Supplied material:

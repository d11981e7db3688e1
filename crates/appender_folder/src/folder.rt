//! A folder of the file system, as an appender writes to it.
ghost use Rattle.std.specs.Prelude.{◌≡◌, string_bytes, IfOk};
ghost use Rattle.std.specs.Io.KnownBytes.{Keeps};
ghost use Rattle.appender_folder.specs.Calls.{base_path, CountsFailure};

mod entries;
mod files;
mod links;

use appender_store::store::{Folder, Listed, Notice, NoticeCounts, NoticeKind};
use entries::list_entries;
use files::{is_named, open_plain, remove_plain};
use links::{check_link, make_link};
use std::alloc::{AllocError, Global};
use std::fs::OpenFile;
use std::io::{ErrorKind, Write};
use std::marker::Model;
use std::rt::Files;
use std::{fs, io};

/// What a folder of the file system asks of the runtime: files, memory, and standard error for notices.
pub trait FilesHost: Files + AllocGlobal + Eprint + Clone + Drop {}

impl<R: Files + AllocGlobal + Eprint + Clone + Drop> FilesHost for R {}

// The permission bits of a new file, before the umask.
const MODE: u32 = 0o666;

/// A folder of the file system. No contract says what it contains, since other programs write to the disk
/// too. `failures` counts each call that returns an `Err`, also if an opening goes on after it (a folder or
/// a link that is absent). Every call rejects a name that is not a single path component with
/// `InvalidInput`, so that no call leaves the folder. Notices are lines on standard error, after the title if one is set.
#[derive(Drop)]
pub struct DirFolder<R = HostRuntime> {
    rt: R,
    // Ends with a slash.
    path: String,
    // Whether each flush also syncs.
    syncs: bool,
    // The permission bits of new files.
    mode: u32,
    // What each notice begins with.
    title: String,
    // Whether the last opening that succeeded made its file.
    made_file: bool,
    // Why the last link that was to be made was not.
    link_fault: Option<io::Error>,
    failures: u64,
    noted: NoticeCounts,
}

impl<R> Model for DirFolder<R> {
    ghost use Rattle.std.specs.Prelude.{string_bytes};
    ghost use Rattle.appender_folder.specs.Calls.{DirFolderState};

    ghost Value = { DirFolderState };

    ghost view = { λ f. record { path = string_bytes f.path; made_file = f.made_file; failures = f.failures; noted = f.noted } };
}

// Returns the path of a folder with a slash at its end.
fn base_of(alloc: Global, path: &str) -> Result<String, AllocError>
    ensures { IfOk result (λ base. string_bytes base ≡ base_path path.now) }
{
    if path.is_empty() {
        return String::from_str(alloc, "./");
    }
    let mut base = String::from_str(alloc, path)?;
    if !path.ends_with('/') {
        base.push('/')?;
    }
    Ok(base)
}

impl<R: FilesHost> DirFolder<R> {
    ghost use Rattle.std.specs.Prelude.{◌≡◌, ◌%◌, ◌^◌, IfOk};
    ghost use Rattle.appender_store.specs.MemoryState.{notice_count};
    ghost use Rattle.appender_store.specs.NoticeCounts.{notice_counts_of};

    /// Returns the folder at a path, which need not exist; an empty path is the current directory. Nothing
    /// is read or made.
    pub fn new(rt: R, path: &str) -> Result<DirFolder<R>, AllocError>
        ensures path { IfOk result (λ folder. folder.path ≡ base_path path.now) }
        ensures failures { IfOk result (λ folder. folder.failures ≡ 0) }
        ensures notices { IfOk result (λ folder. notice_counts_of folder.noted ≡
            record { lists = 0; removes = 0; flushes = 0; opens = 0 }) }
    {
        let base = base_of(rt.alloc(), path)?;
        let title = String::new(rt.alloc());
        Ok(DirFolder {
            rt,
            path: base,
            syncs: false,
            mode: MODE,
            title,
            made_file: false,
            link_fault: None,
            failures: 0,
            noted: NoticeCounts::new(),
        })
    }

    /// Makes each flush of a file also sync its data to the disk (`fdatasync`), so that what was written before
    /// survives a loss of power.
    #[must_use]
    pub fn synced(mut self) -> DirFolder<R>
        ensures { result ≡ self }
    {
        self.syncs = true;
        self
    }

    /// Sets the permission bits of files that are made from then on, such as `0o640`, instead of `0o666`. The system
    /// clears those of the process's umask. A file that is there keeps its own.
    #[must_use]
    pub fn mode(mut self, mode: u32) -> DirFolder<R>
        ensures { result ≡ self }
    {
        self.mode = mode;
        self
    }

    /// Begins each notice with a text, such as the name of a program. If memory is refused, the folder is dropped.
    #[must_use]
    pub fn titled(mut self, title: &str) -> Result<DirFolder<R>, AllocError>
        ensures { IfOk result (λ folder. folder ≡ self) }
    {
        self.title = String::from_str(self.rt.alloc(), title)?;
        Ok(self)
    }

    /// Returns why the last link that was to be made was not, if it was not: a log whose link is optional goes on
    /// without it.
    pub fn link_fault(&self) -> Option<io::Error> {
        self.link_fault
    }

    /// Returns whether a name leads to this open file. It doesn't if the file was removed, renamed or
    /// replaced. `failures` doesn't count the call.
    pub fn is_named(&self, file: &R::File, name: &str) -> io::Result<bool> {
        is_named(&self.rt, self.path.as_str(), file, name)
    }

    /// Returns the number of notices of a kind: at most `u64::MAX`, where it stays.
    pub fn notices(&self, kind: NoticeKind) -> u64
        ensures { result ≡ notice_count kind (notice_counts_of self.now.noted) }
    {
        self.noted.of(kind)
    }

    // Counts a call that fails.
    fn count_failure<T: Drop>(&mut self, answer: io::Result<T>) -> io::Result<T>
        ensures same { result ≡ answer }
        ensures failures { CountsFailure (self.old.failures % 2 ^ 64) (self.new.failures % 2 ^ 64) answer }
        ensures noted { self.new.noted ≡ self.old.noted }
    {
        if answer.is_err() {
            self.failures = self.failures.saturating_add(1);
        }
        answer
    }

    // Reports a notice on standard error. A folder that doesn't exist yet has no old files, so that its listing
    // is nothing to report.
    fn print_notice(&self, notice: Notice<'_>) -> io::Result<()> {
        let (rt, title) = (&self.rt, &self.title);
        match notice {
            Notice::List(fault) if fault.kind() == ErrorKind::NotFound => Ok(()),
            Notice::List(fault) => eprintln!(rt;
                "{title}Error reading the log directory/files: {fault}"
            ),
            Notice::Remove(name, fault) => eprintln!(rt;
                "{title}Failed to remove old log file {}{name}: {fault}",
                self.path
            ),
            Notice::Flush(fault) => eprintln!(rt; "{title}Couldn't flush previous writer: {fault}"),
            Notice::Open(fault) => eprintln!(rt; "{title}Couldn't create writer for logs: {fault}"),
        }
    }
}

// Flushes a file, and then syncs its data if that is asked for: a sync waits for the disk.
fn flush_file<F: Write + OpenFile>(file: &mut F, syncs: bool) -> io::Result<()>
    ensures { Keeps (F.contents file.old) (F.contents file.new) }
{
    file.flush()?;
    if syncs { file.sync_data() } else { Ok(()) }
}

impl<R: FilesHost> Folder for DirFolder<R> {
    ghost use Rattle.std.specs.Prelude.{◌≡◌, ◌%◌, ◌^◌, false};
    ghost use Rattle.std.specs.Io.KnownBytes.{Keeps, WriteAppends};
    ghost use Rattle.appender_store.specs.Folder.{after_note, notice_kind_of};
    ghost use Rattle.appender_store.specs.NoticeCounts.{notice_counts_of};
    ghost use Rattle.appender_folder.specs.Calls.{CountsFailure, CallsEntry, unknown_content};

    type File = R::File;

    ghost is_known = { false };

    ghost content = { λ _. unknown_content };

    ghost body = { λ _. 0 };

    ghost made_file = { λ f. f.made_file };

    ghost failures = { λ f. f.failures % 2 ^ 64 };

    ghost noted = { λ f. notice_counts_of f.noted };

    ghost list_gives = { λ old r new. CountsFailure (old.failures % 2 ^ 64) (new.failures % 2 ^ 64) r };

    ghost remove_gives = { λ old name r new. CallsEntry name (old.failures % 2 ^ 64) (new.failures % 2 ^ 64) r };

    ghost open_gives = { λ old name r new. CallsEntry name (old.failures % 2 ^ 64) (new.failures % 2 ^ 64) r };

    ghost make_folder_gives = { λ old r new. CountsFailure (old.failures % 2 ^ 64) (new.failures % 2 ^ 64) r };

    ghost remove_link_gives = { λ old name r new. CallsEntry name (old.failures % 2 ^ 64) (new.failures % 2 ^ 64) r };

    ghost make_link_gives = { λ old name target r new. CallsEntry name (old.failures % 2 ^ 64) (new.failures % 2 ^ 64) r };

    ghost append_gives = { λ old file bytes r new after.
        CountsFailure (old.failures % 2 ^ 64) (new.failures % 2 ^ 64) r
        × WriteAppends (R.File.contents file) (R.File.contents after) r bytes };

    ghost flush_gives = { λ old file r new after.
        CountsFailure (old.failures % 2 ^ 64) (new.failures % 2 ^ 64) r
        × Keeps (R.File.contents file) (R.File.contents after) };

    ghost length_gives = { λ f file r. Unit {0} };

    ghost note_gives = { λ old said new.
        notice_counts_of new.noted ≡ after_note (notice_kind_of said) (notice_counts_of old.noted) };

    ghost use Rattle.std.proofs.Common.{arith, rules};

    ghost failures_fit = { λ f. Prim.omega arith };

    ghost noted_fit = { λ f. record {
      lists = Prim.omega arith;
      removes = Prim.omega arith;
      flushes = Prim.omega arith;
      opens = Prim.omega arith;
    } };

    ghost sound = { λ f known. Prim.search rules };

    fn list(&mut self) -> io::Result<Vec<Listed>> {
        let answer = list_entries(&self.rt, self.path.as_str());
        self.count_failure(answer)
    }

    fn remove(&mut self, name: &str) -> io::Result<()> {
        let answer = remove_plain(&self.rt, self.path.as_str(), name);
        self.count_failure(answer)
    }

    fn open(&mut self, name: &str) -> io::Result<R::File> {
        let answer = match open_plain(&self.rt, self.path.as_str(), name, self.mode) {
            Ok((file, made)) => {
                self.made_file = made;
                Ok(file)
            }
            Err(fault) => Err(fault),
        };
        self.count_failure(answer)
    }

    fn make_folder(&mut self) -> io::Result<()> {
        let answer = fs::create_dir_all(&self.rt, self.path.as_str());
        self.count_failure(answer)
    }

    /// Checks that a link has this name, and does not remove it: `make_link` replaces it. So the link is there at every
    /// moment. `NotFound` if nothing has the name, `AlreadyExists` if a file or a folder has it.
    fn remove_link(&mut self, name: &str) -> io::Result<()> {
        let answer = check_link(&self.rt, self.path.as_str(), name);
        self.count_failure(answer)
    }

    /// Makes a symbolic link, and replaces one of the same name. `AlreadyExists` if a file or a folder has the name.
    ///
    /// A replacement is one step: the new link is made under the name `.NAME.new`, and then renamed. A link that a
    /// killed process left under that name is removed. `AlreadyExists` also if a file or a folder has that name.
    fn make_link(&mut self, name: &str, target: &str) -> io::Result<()> {
        let answer = make_link(&self.rt, self.path.as_str(), name, target);
        self.link_fault = answer.err();
        self.count_failure(answer)
    }

    fn append(&mut self, file: &mut R::File, bytes: &[u8]) -> io::Result<usize> {
        let answer = file.write(bytes);
        self.count_failure(answer)
    }

    fn flush(&mut self, file: &mut R::File) -> io::Result<()> {
        let answer = flush_file(file, self.syncs);
        self.count_failure(answer)
    }

    fn made_file(&self) -> bool {
        self.made_file
    }

    fn length(&self, file: &R::File) -> Option<u64> {
        match file.metadata() {
            Ok(metadata) => Some(metadata.len()),
            Err(_) => None,
        }
    }

    fn note(&mut self, notice: Notice<'_>) {
        self.noted.add(notice.kind());
        // A fault of standard error can't be reported.
        let _ = self.print_notice(notice);
    }

    fn failures(&self) -> u64 {
        self.failures
    }
}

What to work on: State how many lines of the listing hold the string "Makes"; reply with the number and nothing else.

Result: 2